# Need Help With A Lathe Power Switchswitch



## Jason Annen (Dec 2, 2015)

Hi all,

The on/off/direction switch on my lathe has failed.  One of the contractors burnt up.  I am having trouble finding a replacement.  The pictures show what was in there.










There are 6 wires going to the switch, 2 power, then 4 back to the motor.  Wired for 110 volts.  The machine is a 1984 Jet lathe.

Thanks,

Jason


----------



## joshua43214 (Dec 2, 2015)

Have you tried automation direct?
http://www.automationdirect.com/adc...0_Series)/Selector_Switches_(Non-Illuminated)
They will have the contactor and a new bezel plate as well.

Is there a part number on the old switch? You might be able to cross it over and get a direct replacement.


----------



## JimDawson (Dec 2, 2015)

joshua43214 said:


> Have you tried automation direct?
> http://www.automationdirect.com/adc...0_Series)/Selector_Switches_(Non-Illuminated)
> They will have the contactor and a new bezel plate as well.
> 
> Is there a part number on the old switch?
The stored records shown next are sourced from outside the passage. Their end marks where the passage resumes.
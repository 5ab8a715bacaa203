//! What known bits of low halves show of whole numbers.

ghost use Rattle.std.specs.Prelude.{◌≡◌, ℕ, IsSomeAnd, IfSome};
ghost use Rattle.isa_model.specs.Code.Numbers.{low, sign_extended};
ghost use Rattle.isa_model.specs.declared.sizes.Width.TheVariants.{Low32};
ghost use Rattle.isa_model.specs.declared.sizes.Extension.TheVariants.{Full32};
ghost use Rattle.known_bits.specs.Bits.{Has};

use isa_model::{AluOp, Extension, Width};
use known_bits::Bits;

// The low halves of the numbers.
pub(crate) fn plain_halves(a: Bits) -> Bits
    ensures { (x : ℕ) → Has a x → Has result (low Low32 x) }
{
    Bits::alu(AluOp::Mov, Width::Low32, a, a)
}

// The low halves of the numbers, extended by their signs.
pub(crate) fn signed_halves(a: Bits) -> Bits
    ensures { (x : ℕ) → Has a x → Has result (sign_extended Full32 x) }
{
    Bits::sign_extend(Extension::Full32, a)
}

// The common members, once for each side.
pub(crate) fn same(a: Bits, b: Bits) -> Option<(Bits, Bits)>
    ensures common { (x : ℕ) → Has a x → Has b x → IsSomeAnd result (λ p. Has p.0 x × Has p.1 x) }
    ensures left { IfSome result (λ p. (x : ℕ) → Has p.0 x → Has a x × Has b x) }
    ensures right { IfSome result (λ p. (x : ℕ) → Has p.1 x → Has a x × Has b x) }
{
    let both = a.meet(b)?;
    Some((both, both))
}

// The two sets, narrowed by what is left of their low halves, `halves`.
pub(crate) fn plain_pair(a: Bits, b: Bits, halves: Option<(Bits, Bits)>) -> Option<(Bits, Bits)>
    ensures common { (x y : ℕ) → Has a x → Has b y
        → IsSomeAnd halves (λ p. Has p.0 (low Low32 x) × Has p.1 (low Low32 y))
        → IsSomeAnd result (λ p. Has p.0 x × Has p.1 y) }
    ensures left { IfSome result (λ p. (x : ℕ) → Has p.0 x → Has a x) }
    ensures right { IfSome result (λ p. (y : ℕ) → Has p.1 y → Has b y) }
{
    let (left, right) = halves?;
    let first = with_plain(a, left)?;
    let second = with_plain(b, right)?;
    Some((first, second))
}

// The same, with low halves extended by their signs.
pub(crate) fn signed_pair(a: Bits, b: Bits, halves: Option<(Bits, Bits)>) -> Option<(Bits, Bits)>
    ensures common { (x y : ℕ) → Has a x → Has b y
        → IsSomeAnd halves
        (λ p. Has p.0 (sign_extended Full32 x) × Has p.1 (sign_extended Full32 y))
        → IsSomeAnd result (λ p. Has p.0 x × Has p.1 y) }
    ensures left { IfSome result (λ p. (x : ℕ) → Has p.0 x → Has a x) }
    ensures right { IfSome result (λ p. (y : ℕ) → Has p.1 y → Has b y) }
{
    let (left, right) = halves?;
    let first = with_signed(a, left)?;
    let second = with_signed(b, right)?;
    Some((first, second))
}

// The members whose low halves are in `halves`. It narrows only sets of numbers that are their own
// low halves.
fn with_plain(a: Bits, halves: Bits) -> Option<Bits>
    ensures common { (x : ℕ) → Has a x → Has halves (low Low32 x)
        → IsSomeAnd result (λ m. Has m x) }
    ensures left { IfSome result (λ m. (x : ℕ) → Has m x → Has a x) }
{
    if a.greatest() < 0x1_0000_0000 {
        a.meet(halves)
    } else {
        Some(a)
    }
}

// The same, with low halves extended by their signs.
fn with_signed(a: Bits, halves: Bits) -> Option<Bits>
    ensures common { (x : ℕ) → Has a x → Has halves (sign_extended Full32 x)
        → IsSomeAnd result (λ m. Has m x) }
    ensures left { IfSome result (λ m. (x : ℕ) → Has m x → Has a x) }
{
    if a.greatest() < 0x8000_0000 {
        a.meet(halves)
    } else {
        Some(a)
    }
}
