ghost use Rattle.std.specs.Prelude.{◌≡◌, ℕ, ◌+◌, ◌*◌, ◌%◌, ◌^◌, ◌<◌, ◌≤◌, pos, ◌-ℤ◌, ◌*ℤ◌, FitsSigned, ◌↔◌, Some, IsSomeAnd, IfSome, IsTrue};
ghost use Rattle.std.specs.Int.{w32, w64, cast_signed, bit_at};
ghost use Rattle.isa_model.specs.Code.Sizes.{width_bits};
ghost use Rattle.known_bits.specs.Bits as B;
ghost use Rattle.ranges.specs.Ranges as R;
ghost use Rattle.ranges.specs.Wides as W;

use crate::domains::Domain;
use isa_model::{AluOp, ByteOrder, Extension, SwapWidth, Width};
use known_bits::Bits;
use ranges::{Low, Range, Wide};

/// The numbers that are members both of the known bits and of the range.
#[derive(Clone, Copy, PartialEq, Eq, Debug)]
pub struct Scalar {
    pub bits: Bits,
    pub range: Range,
}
You might be able to cross it over and get a direct replacement.




That AD switch is not rated for motor service, they are really pilot duty only.  While they are rated at 30 amp max, they'll only do that about one time.  Normal max load is in the 3 amp range.

Rotary replacement switches are available on Ebay.
http://www.ebay.com/itm/AC-660V-32A...714604?hash=item51ad695dac:g:d20AAOSwgQ9ViS8Q


----------



## joshua43214 (Dec 2, 2015)

@JimDawson thanks for the correction


----------



## AnthonyTVA (Dec 5, 2015)

Coincidentally, this just came up in another thread: http://www.hobby-machinist.com/threads/jet-1236-spindle-switch-help-advice-needed.40703/#post-349541



AnthonyTVA said:


> This looks like the right part: http://www.ereplacementparts.com/switch-single-phase-p-1783566.html
> 
> View attachment 115995
> 
> ...





AnthonyTVA said:


> Here is a variable speed mod with a lot of good information in it: http://rvbprecision.com/garage-entertainment/power-feed-modification-on-jet-12x36-lathe.html


----------



## AnthonyTVA (Dec 5, 2015)

joshua43214 said:


> Is there a part number on the old switch?



SC-68B-AC250V/10A is the part number: http://www.plccenter.com/en-US/Buy/SHAN HO/SC68BAC250V10A
...,but it is out of stock.


----------